- Material for the task:
::::::
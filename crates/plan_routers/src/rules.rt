//! The rules of a router's attributes that speak of rows.

ghost use Rattle.std.specs.Prelude.{◌≡◌, [], Some, option_and_then};
ghost use Rattle.std.specs.List.{list_any};
ghost use Rattle.api_policy.specs.Seen as seen;
ghost use Rattle.api_types.specs.Given.{value_or};
ghost use Rattle.api_types.specs.RouterWays.{interfaces_of, is_bad_hop, router_ports};
ghost use Rattle.api_types.specs.declared.kind.Kind.TheVariants.{Network as NetworkKind};
ghost use Rattle.call_parts.specs.Answers.{Passes};
ghost use Rattle.call_parts.specs.BodyNames.{unless_found};
ghost use Rattle.plan_routers.specs.RouterCalls.{bad_first_gateway};
ghost use Rattle.plan_routers.specs.RouterCalls as router_calls;
ghost use Rattle.api_router.specs.RouterRules.{bad_gateway, bad_interface_port, bad_interface_subnet, bad_routes};

use crate::gateways::{gateway_name, gateway_network};
use api_policy::network_seen;
use api_router::{has_bad_hop, is_bad_leg, overlaps_interface, overlaps_leg};
use api_types::{
    Caller, Given, Id, Kind, NetworkRow, PortRow, Refusal, RouterForm, RouterRow, Routes, Rows,
    SubnetRow,
};
use call_parts::{invalid, is_for_other, none_with_id};
use net_addr::Text;
use std::alloc::Global;

// Refuses a network that isn't external to the project, as the gateway's of a router without
// interfaces.
fn ensure_external(
    alloc: Global,
    rows: &Rows,
    project: &Text,
    network: &NetworkRow,
) -> Result<(), Refusal>
    ensures { Passes (bad_gateway rows.now project.now [] network.now) result }
{
    if !rows.is_external_to(network.id, project) {
        return Err(invalid(alloc, "external_gateway_info"));
    }
    Ok(())
}

// The same of the network that the body names, where the caller sees it.
fn ensure_named_external(
    alloc: Global,
    rows: &Rows,
    caller: &Caller,
    form: &RouterForm,
    owner: &Text,
) -> Result<(), Refusal>
    ensures { Passes
        (option_and_then (bad_gateway rows.now owner.now [])
        (router_calls.gateway_network rows.now caller.now form.now)) result }
{
    match gateway_network(rows, caller, form) {
        Some(network) => ensure_external(alloc, rows, owner, network),
        None => Ok(()),
    }
}

/// Refuses the gateway of a new router on a network that isn't external to its project; a caller
/// who may not name the project isn't told. Its cost grows with the policies.
pub(crate) fn ensure_first_gateway_external(
    alloc: Global,
    rows: &Rows,
    caller: &Caller,
    form: &RouterForm,
    owner: &Text,
) -> Result<(), Refusal>
    ensures { Passes (bad_first_gateway rows.now caller.now form.now owner.now) result }
{
    if !caller.admin && is_for_other(caller, &form.project_id, &form.tenant_id) {
        return Ok(());
    }
    ensure_named_external(alloc, rows, caller, form, owner)
}

// Refuses a gateway of the router on the network.
fn ensure_gateway_fits(
    alloc: Global,
    rows: &Rows,
    router: &RouterRow,
    network: &NetworkRow,
) -> Result<(), Refusal>
    ensures { Passes
        (bad_gateway rows.now router.now.project (interfaces_of rows.now.ports router.now)
        network.now) result }
{
    let is_external = rows.is_external_to(network.id, &router.project);
    if !is_external || overlaps_interface(rows, router, network) {
        return Err(invalid(alloc, "external_gateway_info"));
    }
    Ok(())
}

/// Refuses the gateway that a body asks for, on a network that isn't external to the router's
/// project or has a subnet that overlaps one of its interfaces. Its cost grows with the policies
/// and the ports, and for each interface with the subnets, times those of the network.
pub(crate) fn ensure_named_gateway_fits(
    alloc: Global,
    rows: &Rows,
    caller: &Caller,
    form: &RouterForm,
    router: &RouterRow,
) -> Result<(), Refusal>
    ensures { Passes
        (option_and_then
        (bad_gateway rows.now router.now.project (interfaces_of rows.now.ports router.now))
        (router_calls.gateway_network rows.now caller.now form.now)) result }
{
    match gateway_network(rows, caller, form) {
        Some(network) => ensure_gateway_fits(alloc, rows, router, network),
        None => Ok(()),
    }
}

fn given_bad_hop(rows: &Rows, router: &RouterRow, given: &Given<Routes>) -> bool
    ensures { result
        ≡ list_any (is_bad_hop rows.now.subnets (router_ports rows.now.ports router.now))
        (value_or [] given.now) }
{
    match given {
        Given::Is(routes) => has_bad_hop(rows, router, routes.as_slice()),
        _ => false,
    }
}

/// Refuses routes of which a next hop lies in no subnet of the router's ports, or is one of their
/// addresses. Its cost grows with the routes, times the ports.
pub(crate) fn ensure_routes_reachable(
    alloc: Global,
    rows: &Rows,
    router: &RouterRow,
    given: &Given<Routes>,
) -> Result<(), Refusal>
    ensures { Passes (bad_routes rows.now router.now given.now) result }
{
    if given_bad_hop(rows, router, given) {
        return Err(invalid(alloc, "routes"));
    }
    Ok(())
}

fn ensure_seen(alloc: Global, rows: &Rows, caller: &Caller, id: Id) -> Result<(), Refusal>
    ensures { Passes
        (unless_found NetworkKind (Some id) (seen.network_seen rows.now caller.now (Some id)))
        result }
{
    match network_seen(rows, caller, Some(id)) {
        Some(_) => Ok(()),
        None => Err(none_with_id(alloc, Kind::Network, Some(id))),
    }
}

/// Refuses a gateway's network that isn't there or isn't seen. Its cost grows with the policies.
pub(crate) fn ensure_network_found(
    alloc: Global,
    rows: &Rows,
    caller: &Caller,
    form: &RouterForm,
) -> Result<(), Refusal>
    ensures { Passes
        (unless_found NetworkKind (router_calls.gateway_name form.now)
        (router_calls.gateway_network rows.now caller.now form.now)) result }
{
    match gateway_name(form) {
        Some(id) => ensure_seen(alloc, rows, caller, id),
        None => Ok(()),
    }
}

/// Refuses an interface on a subnet that overlaps one of the router's ports. Its cost grows with
/// the ports, and for each port of the router with the subnets.
pub(crate) fn ensure_subnet_fits(
    alloc: Global,
    rows: &Rows,
    router: &RouterRow,
    subnet: &SubnetRow,
) -> Result<(), Refusal>
    ensures { Passes (bad_interface_subnet rows.now router.now subnet.now) result }
{
    if overlaps_leg(rows, router, subnet) {
        return Err(invalid(alloc, "subnet_id"));
    }
    Ok(())
}

/// Refuses a port as an interface that hasn't exactly one address, or whose subnet overlaps one of
/// the router's ports. Its cost grows with the subnets and the ports.
pub(crate) fn ensure_port_fits(
    alloc: Global,
    rows: &Rows,
    router: &RouterRow,
    port: &PortRow,
) -> Result<(), Refusal>
    ensures { Passes (bad_interface_port rows.now router.now port.now) result }
{
    if is_bad_leg(rows, router, port) {
        return Err(invalid(alloc, "port_id"));
    }
    Ok(())
}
::::::
- What to produce:
Please transcribe exactly the lines above from the line that has "Passes (bad_gateway rows.now" up to and including the line that has "if !is_external ||"; no other line belongs in the answer.

- Result for this task:
    ensures { Passes (bad_gateway rows.now project.now [] network.now) result }
{
    if !rows.is_external_to(network.id, project) {
        return Err(invalid(alloc, "external_gateway_info"));
    }
    Ok(())
}

// The same of the network that the body names, where the caller sees it.
fn ensure_named_external(
    alloc: Global,
    rows: &Rows,
    caller: &Caller,
    form: &RouterForm,
    owner: &Text,
) -> Result<(), Refusal>
    ensures { Passes
        (option_and_then (bad_gateway rows.now owner.now [])
        (router_calls.gateway_network rows.now caller.now form.now)) result }
{
    match gateway_network(rows, caller, form) {
        Some(network) => ensure_external(alloc, rows, owner, network),
        None => Ok(()),
    }
}

/// Refuses the gateway of a new router on a network that isn't external to its project; a caller
/// who may not name the project isn't told. Its cost grows with the policies.
pub(crate) fn ensure_first_gateway_external(
    alloc: Global,
    rows: &Rows,
    caller: &Caller,
    form: &RouterForm,
    owner: &Text,
) -> Result<(), Refusal>
    ensures { Passes (bad_first_gateway rows.now caller.now form.now owner.now) result }
{
    if !caller.admin && is_for_other(caller, &form.project_id, &form.tenant_id) {
        return Ok(());
    }
    ensure_named_external(alloc, rows, caller, form, owner)
}

// Refuses a gateway of the router on the network.
fn ensure_gateway_fits(
    alloc: Global,
    rows: &Rows,
    router: &RouterRow,
    network: &NetworkRow,
) -> Result<(), Refusal>
    ensures { Passes
        (bad_gateway rows.now router.now.project (interfaces_of rows.now.ports router.now)
        network.now) result }
{
    let is_external = rows.is_external_to(network.id, &router.project);
    if !is_external || overlaps_interface(rows, router, network) {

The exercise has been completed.